Мост через речку Хасу растянулся почти на километр. Предельное расстояние, которое способен пройти наш робот, гораздо меньше. С того места, где мы остановились, до бомбы было не добраться. Группа сопровождения привезла нас к мосту не с той стороны.

Мрак окутавшей пустыню ночи сгущался, духота становилась нестерпимой, и пот закапал со лба на кончик носа, на грудь и автомат. В воздухе чувствовалось напряжение, город был охвачен смятением и тревогой. Выстрелы с другой стороны вади участились. Гудки автомобилей, скопившихся перед мостом, после того как группа сопровождения перекрыла движение, становились все нетерпеливее. Время от времени выстрелы раздавались позади или сбоку от нас, но потом стрельба внезапно прекращалась. У линии оцепления образовалась небольшая толпа любопытных: люди, достав мобильники, что-то кричали в трубку своим детям, почти не обращая внимания на стрельбу. Киркук, брошенный на произвол судьбы в северной гористой части Ирака, вполне мирный город, но по ночам порой преображается, ворочается, превращаясь в живое существо. Разлитое в воздухе напряжение росло, по коже начинали бегать мурашки. Мы прямо чувствовали, как город свирепеет, становится агрессивным, необузданным, как в нем зреют беспорядки. Радостное возбуждение и ужас охватывают тебя, когда понимаешь, что именно к тебе тянутся щупальца ненависти. Весь этот город был на грани массового помешательства, а мы находились не с той стороны моста, с какой было нужно.

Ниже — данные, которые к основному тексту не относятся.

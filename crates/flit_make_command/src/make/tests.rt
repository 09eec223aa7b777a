ghost use Rattle.std.specs.Prelude.{◌≤◌};

use super::*;
use flit_outside::{Failed, MemSink, MemSource};
use std::test::Fail;

const SMALL: &[u8] = b"flit 1
structure hash 256
place adjacent
rows 10
workers 2
1 insert 28
2 insert 5
1 contains 10
end
";

/// A run of the command, on a source that fails at its first read and a sink that takes 8 bytes in a call and fails at
/// this one: how it ended, and what the sink took.
fn run(alloc: Global, line: &[&str], failing_write: u64) -> Result<(Status, Vec<u8>), Fail> {
    let mut words = Words::new(alloc);
    for word in line {
        words.push(word)?;
    }
    let mut source = MemSource::new(Vec::new(alloc), 8, vec![in alloc; 1]?);
    let mut sink = MemSink::new(alloc, 8, vec![in alloc; failing_write]?, 1000)?;
    let status = flit_make(alloc, &words, &mut source, &mut sink);
    Ok((status, sink.bytes().to_vec(alloc)?))
}

#[test]
fn a_trace_is_made(rt: HostRuntime) -> Result<(), Fail> {
    let (status, taken) = run(rt.alloc(), &["make", "7", "3", "16", "2"], 0)?;
    assert_eq!(rt; status, Status::Done);
    assert_eq!(rt; taken.as_slice(), SMALL);
    Ok(())
}

#[test]
fn a_failing_write_is_told(rt: HostRuntime) -> Result<(), Fail> {
    for call in 1..=4u64 {
        let (status, taken) = run(rt.alloc(), &["make", "7", "3", "16", "2"], call)?;
        assert_eq!(rt; status, Status::WriteFault, "at write {call}");
        assert_eq!(rt; taken.len() as u64, 8 * (call - 1));
    }
    Ok(())
}

#[test]
fn other_words_are_usage(rt: HostRuntime) -> Result<(), Fail> {
    let lines: [&[&str]; 6] = [
        &[],
        &["make"],
        &["step"],
        &["make", "7", "0", "16", "2"],
        &["make", "7", "3", "16", "65"],
        &["make", "7", "03", "16", "2"],
    ];
    for line in lines {
        let (status, taken) = run(rt.alloc(), line, 1)?;
        assert_eq!(rt; status, Status::Usage);
        assert_eq!(rt; taken.len(), 0);
    }
    Ok(())
}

— Что теперь собираешься делать? — спросил я Кастельмана.

— Надо перебраться на другой конец, но объезжать мост слишком долго, — ответил он.

Кастельман был прав — объездной путь длиною в несколько километров занял бы около часа, так как дорога была забита машинами и они еле ползли.

— Предлагаешь проехать по мосту?

Мне не верилось, что я задал этот вопрос.

— Именно.

— Мимо бомбы, которую мы не можем отыскать? Под пулями?

— У тебя есть идеи получше? — Кастельман, похоже, на это не надеялся.

Я действительно не мог предложить ничего другого.

Через несколько минут, погрузив робота обратно в машину, покидав в багажник взрывчатку и заняв свои места в вездеходе, мы ехали по мосту. Ребята из «Кугуар-13» уже ждали нас на той стороне: прошел час с того момента, как они перекрыли встречное движение, заблокировав въезд на мост. Полковник, все это время просидевший в вездеходе с Менгерсхаузеном, недоуменно посмотрел на меня, как бы вопрошая: «Мы что, правда поедем через мост?». Я кивнул. И быстро погасив свет фар, мы нырнули в пучину сюрреализма.

Мы медленно ехали по мосту. Перед нами простиралось серое дорожное покрытие, едва различимое в непроглядной тьме. Стрельба на противоположном берегу не смолкала, но, пока мы ехали в одиночестве с выключенными фарами, по нам больше никто не стрелял — разве что изредка шальные пули со звоном отскакивали от бронированного кузова, напоминая назойливых насекомых, которые жужжат где-то рядом и до которых нельзя добраться. Сидевший за рулем Кинер смотрел вперед. Кастельман с Менгерсхаузеном высматривали на дороге и по бокам от нее подозрительную кучу мусора, перемешанного с землей. Я не отрывался от монитора глушилки.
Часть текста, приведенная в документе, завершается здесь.